**PROMPT**
Restate word for word the entries below, starting with the line with "u64::from(first % 65536" and continuing through the line with "bytes in one.". Include both of those lines and no others.

(Stored data entries)
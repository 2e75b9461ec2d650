// What the operations tell, as numbers.
ghost use Rattle.std.specs.Prelude.{◌≤◌};

use am9517::{Answer, Refusal};
use am9517_service::{Ran, RoundAnswer, RoundEnd, Rounded, RunAnswer};
use logs::{Judged, Verdict};

// Numbers are folded by their lower 32 bits.
const WORD: u64 = 1 << 32;

// What a run or a round told, its state aside.
#[derive(Clone, Copy, Default)]
pub(crate) struct Told {
    number: u64,
    transfers: u64,
    used: usize,
    written: usize,
    states: u64,
}

impl From<Ran> for Told {
    fn from(r: Ran) -> Told {
        Told {
            number: run_number(r.answer),
            transfers: r.counts.transfers,
            used: r.counts.used,
            written: r.counts.written,
            states: r.counts.states,
        }
    }
}

impl From<Rounded> for Told {
    fn from(r: Rounded) -> Told {
        Told {
            number: round_number(r.answer) + begun_of(r.services),
            transfers: r.totals.transfers,
            used: r.totals.used,
            written: r.totals.written,
            states: r.totals.states,
        }
    }
}

impl Told {
    // All of it in one number.
    pub(crate) fn folded(self) -> u64 {
        let moved = self.used as u64 % WORD * 3 + self.written as u64 % WORD * 5;
        self.number % WORD + self.transfers % WORD * 2 + moved + self.states % WORD * 7
    }
}

fn refused_number(refusal: Refusal) -> u64
    ensures { result ≤ 511 }
{
    u64::from(refusal.number()) + 256
}

pub(crate) fn answer_number(answer: Answer) -> u64 {
    match answer {
        Ok(told) => u64::from(told.unwrap_or(0)),
        Err(refusal) => refused_number(refusal),
    }
}

fn run_number(answer: RunAnswer) -> u64 {
    match answer {
        Ok(why) => why as u64,
        Err(refusal) => refused_number(refusal),
    }
}

fn round_number(answer: RoundAnswer) -> u64
    ensures { result ≤ 511 }
{
    match answer {
        Ok(RoundEnd::Done) => 5,
        Ok(RoundEnd::Quiet) => 6,
        Ok(RoundEnd::Stopped(why)) => why as u64,
        Err(refusal) => refused_number(refusal),
    }
}

// The services of the four channels, in one number.
fn begun_of(services: [u32; 4]) -> u64
    ensures { result ≤ 655360 }
{
    let [first, second, third, fourth] = services;
    u64::from(first % 65536 + second % 65536 * 2 + third % 65536 * 3 + fourth % 65536 * 4)
}

// What was found of a log: every record is right (0), or not (1), or a refusal; how many bytes are; the address error.
#[derive(Clone, Copy, Default)]
pub(crate) struct Found {
    pub(crate) number: u64,
    right: usize,
    pub(crate) error: i32,
}

impl Found {
    // Of a log of this size.
    pub(crate) fn of(judged: Judged, size: usize) -> Found {
        match judged.verdict {
            Verdict::Accepted => Found {
                number: 0,
                right: size,
                error: 0,
            },
            Verdict::Wrong { at, error } => Found {
                number: 1,
                right: at,
                error,
            },
            Verdict::Refused(refusal) => Found {
                number: refused_number(refusal),
                right: 0,
                error: 0,
            },
        }
    }

    // Number and bytes in one.
    pub(crate) fn folded(self) -> u64 {
        self.number % WORD + self.right as u64 % WORD * 1024
    }
}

**OUTPUT OF THE TASK**
    u64::from(first % 65536 + second % 65536 * 2 + third % 65536 * 3 + fourth % 65536 * 4)
}

// What was found of a log: every record is right (0), or not (1), or a refusal; how many bytes are; the address error.
#[derive(Clone, Copy, Default)]
pub(crate) struct Found {
    pub(crate) number: u64,
    right: usize,
    pub(crate) error: i32,
}

impl Found {
    // Of a log of this size.
    pub(crate) fn of(judged: Judged, size: usize) -> Found {
        match judged.verdict {
            Verdict::Accepted => Found {
                number: 0,
                right: size,
                error: 0,
            },
            Verdict::Wrong { at, error } => Found {
                number: 1,
                right: at,
                error,
            },
            Verdict::Refused(refusal) => Found {
                number: refused_number(refusal),
                right: 0,
                error: 0,
            },
        }
    }

    // Number and bytes in one.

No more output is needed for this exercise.